JOSH ANDERSON: You mentioned this a little bit, but how are these classes taught?
JOHN TUBBS: As I was saying, we have this evolution of the MOOC into the degree program. That changes a little bit about what we teach at those very stages. The core MOOC if you went to Coursero or Ed X or Udacity right now and signed up for a course of your choosing and an interest area of your choosing, you are going to get recorded lectures. These are going to be a faculty member in video — I don’t like to say this often — but in Power Points. We like to move them out to the field. They will interview people, go to a factory floor if you’re talking about value chain management. If you’re talking about finance, go to a bank. We try to get people out to give it a variety of looks and feels and experiences. While we do those videos, we need to have certain things for media accommodation. They have to be captioned. And we have a very strong commitment to extended, not just regular, but extended audio description. We are talking WCAG level three audio description where we only sneak some stuff in the gaps but actually can pause the player to provide a full description. We have the recorded lectures that need to be handled.
We have free reading. Because it is a MOOC and is open and we want to open the door to as many people as possible, the readings we put into a MOOC are always going to be free access. In some circles, we call that OER, open education resources. Often there is OER readings.
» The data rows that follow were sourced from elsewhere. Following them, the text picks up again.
//! Runs on a port that was trimmed.

use crate::tests::common::{PSS, PXIS, SDBS, Way, crowd};
use crate::tests::jobs::{Jobs, commands};
use ahci_driver::{Driver, Open, RunEnd, SettleFault, TagBoard, run, settle};
use ahci_port::Port;
use ncq_journal::Journal;
use std::alloc::Global;
use std::process::Abort;
use std::sync::Wait;
use std::test::Fail;
use std::thread::Threads;

/// Four workers do these jobs.
fn goes<R: Threads + Wait + Sync>(
    rt: &R,
    alloc: Global,
    port: Port,
    jobs: Jobs,
) -> Result<RunEnd, Fail> {
    let jobs = commands(alloc, jobs)?;
    let choosers = crowd(alloc, Way::Highest, 4)?;
    Ok(run(rt, alloc, port, &jobs, 4, choosers, &Open)?)
}

/// Trims a port behind a driver.
fn trimmed<R: Threads + Wait + Sync + Abort>(
    rt: &R,
    alloc: Global,
    port: Port,
) -> Result<(Port, Journal), Fail> {
    port.shape();
    let (board, seat) = TagBoard::new(alloc, port.depth())?;
    let driver = Driver::new(port, board);
    let journal = driver.trim(rt)?;
    let (port, board) = driver.into_parts();
    assert!(rt; board.close(seat) == 3);
    Ok((port, journal))
}

#[test]
fn a_run_goes_on_where_a_trimmed_one_has_ended(rt: HostRuntime) -> Result<(), Fail> {
    let alloc = rt.alloc();
    let port = Port::new(alloc, vec![in alloc; 0x5a; 3 * 512]?, 2)?;
    let RunEnd { port, replies } = goes(&rt, alloc, port, Jobs::Few)?;
    let entries = port.journal().len();
    let (port, journal) = trimmed(&rt, alloc, port)?;
    assert!(rt; entries > 0 && journal.len() == entries && port.journal().is_empty());
    assert!(rt; port.register(PXIS) == Ok(SDBS));
    let end = goes(&rt, alloc, port, Jobs::Few)?;
    for receipt in &end.replies {
        assert!(rt;
            receipt.reply.number >= journal.end(),
            "{:?}",
            receipt.reply
        );
    }
    let jobs = commands(alloc, Jobs::Few)?;
    let wrong = Err(SettleFault::Wrong(0));
    assert!(rt; settle(alloc, &end.port, &jobs, &replies, 4) == wrong);
    assert!(rt; settle(alloc, &end.port, &jobs, &end.replies, 4).is_ok());
    Ok(())
}

#[test]
fn a_run_leaves_an_interrupt_that_was_pending_before_it(rt: HostRuntime) -> Result<(), Fail> {
    let alloc = rt.alloc();
    let mut port = Port::new(alloc, vec![in alloc; 0x5a; 3 * 512]?, 2)?;
    port.identify()?;
    let (port, _journal) = trimmed(&rt, alloc, port)?;
    let end = goes(&rt, alloc, port, Jobs::None)?;
    assert!(rt; end.port.register(PXIS) == Ok(PSS));
    Ok(())
}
We do assignments. We do the reviews. We do discussion boards. These are all going to be places where the students are going to be sometimes interacting with their fellow students but sometimes working solo on their own with their assignments and quizzes. They will take multiple choice, machine graded quizzes. Beginning with that 250,000 person digital marketing course, you are not going to hand a great an essay. If anything, that is probably one of the drawbacks of the MOOC. Again, what they do is they work with peer review. Your peers become your greater of those reflection papers, those 250, 300 word papers. By providing a good grading rubric, those students that are doing the peer review actually have good guidelines to know how to do a job of assessing their peers’ work. That works quite well since we can’t have a teaching assistant or full faculty member grading those things..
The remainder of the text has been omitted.